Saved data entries
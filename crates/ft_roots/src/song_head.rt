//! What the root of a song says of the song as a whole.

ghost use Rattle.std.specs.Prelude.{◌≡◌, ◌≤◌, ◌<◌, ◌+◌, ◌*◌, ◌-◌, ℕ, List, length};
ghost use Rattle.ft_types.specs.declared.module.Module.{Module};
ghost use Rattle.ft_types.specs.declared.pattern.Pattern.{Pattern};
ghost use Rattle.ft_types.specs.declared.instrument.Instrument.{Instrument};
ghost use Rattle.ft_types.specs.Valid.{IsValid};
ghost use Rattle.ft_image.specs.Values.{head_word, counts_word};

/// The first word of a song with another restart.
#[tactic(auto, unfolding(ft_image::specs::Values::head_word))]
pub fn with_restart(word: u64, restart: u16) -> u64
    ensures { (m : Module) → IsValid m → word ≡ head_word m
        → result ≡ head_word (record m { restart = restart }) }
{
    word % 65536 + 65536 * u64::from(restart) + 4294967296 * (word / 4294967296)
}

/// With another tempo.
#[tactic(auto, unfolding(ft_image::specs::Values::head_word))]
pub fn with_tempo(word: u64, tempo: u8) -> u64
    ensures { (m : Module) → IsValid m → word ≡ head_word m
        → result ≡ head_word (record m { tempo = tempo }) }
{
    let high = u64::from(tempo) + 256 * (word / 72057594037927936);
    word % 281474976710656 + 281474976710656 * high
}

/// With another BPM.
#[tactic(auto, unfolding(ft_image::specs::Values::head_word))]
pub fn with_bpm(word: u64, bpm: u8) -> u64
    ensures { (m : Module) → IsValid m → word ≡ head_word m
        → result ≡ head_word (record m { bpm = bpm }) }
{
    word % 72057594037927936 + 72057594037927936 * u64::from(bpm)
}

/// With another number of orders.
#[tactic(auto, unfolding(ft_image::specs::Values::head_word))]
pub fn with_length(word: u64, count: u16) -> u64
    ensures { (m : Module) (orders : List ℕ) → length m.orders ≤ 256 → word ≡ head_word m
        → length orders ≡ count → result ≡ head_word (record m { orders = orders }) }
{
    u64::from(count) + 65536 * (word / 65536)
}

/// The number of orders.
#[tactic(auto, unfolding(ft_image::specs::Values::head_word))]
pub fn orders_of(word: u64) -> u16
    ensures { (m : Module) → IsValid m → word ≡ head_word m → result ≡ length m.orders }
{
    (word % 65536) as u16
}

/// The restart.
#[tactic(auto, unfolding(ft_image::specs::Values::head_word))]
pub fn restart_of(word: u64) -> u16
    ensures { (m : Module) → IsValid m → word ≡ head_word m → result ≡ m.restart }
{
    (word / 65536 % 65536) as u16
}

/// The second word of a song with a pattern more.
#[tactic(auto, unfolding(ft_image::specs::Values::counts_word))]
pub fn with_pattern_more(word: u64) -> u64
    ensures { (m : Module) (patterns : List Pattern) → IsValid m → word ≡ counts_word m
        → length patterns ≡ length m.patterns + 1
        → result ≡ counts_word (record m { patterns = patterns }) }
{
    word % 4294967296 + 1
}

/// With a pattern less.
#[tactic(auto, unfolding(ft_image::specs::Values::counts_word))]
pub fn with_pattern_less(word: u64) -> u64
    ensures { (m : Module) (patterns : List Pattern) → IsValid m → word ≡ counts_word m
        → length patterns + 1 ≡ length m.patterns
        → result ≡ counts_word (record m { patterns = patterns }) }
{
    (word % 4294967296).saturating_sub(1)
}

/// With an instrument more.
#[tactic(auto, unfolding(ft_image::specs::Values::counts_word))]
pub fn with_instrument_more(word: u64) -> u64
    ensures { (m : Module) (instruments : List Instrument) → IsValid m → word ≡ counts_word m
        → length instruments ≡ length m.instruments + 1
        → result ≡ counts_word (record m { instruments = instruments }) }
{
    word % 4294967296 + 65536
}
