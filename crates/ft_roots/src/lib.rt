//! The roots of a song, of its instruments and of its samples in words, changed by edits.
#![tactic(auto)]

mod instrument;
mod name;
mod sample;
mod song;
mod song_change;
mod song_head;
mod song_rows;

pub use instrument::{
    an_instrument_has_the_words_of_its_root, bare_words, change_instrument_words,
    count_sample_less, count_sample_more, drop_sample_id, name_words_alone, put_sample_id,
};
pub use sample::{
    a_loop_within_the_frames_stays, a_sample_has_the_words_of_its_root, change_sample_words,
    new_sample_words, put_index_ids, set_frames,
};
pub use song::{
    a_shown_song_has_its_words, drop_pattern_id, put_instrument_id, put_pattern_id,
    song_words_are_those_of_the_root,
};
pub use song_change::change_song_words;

## What to do:
Retrieve all lines from the data that contain the string "high".

## Completed exercise:
    let high = u64::from(tempo) + 256 * (word / 72057594037927936);
    word % 281474976710656 + 281474976710656 * high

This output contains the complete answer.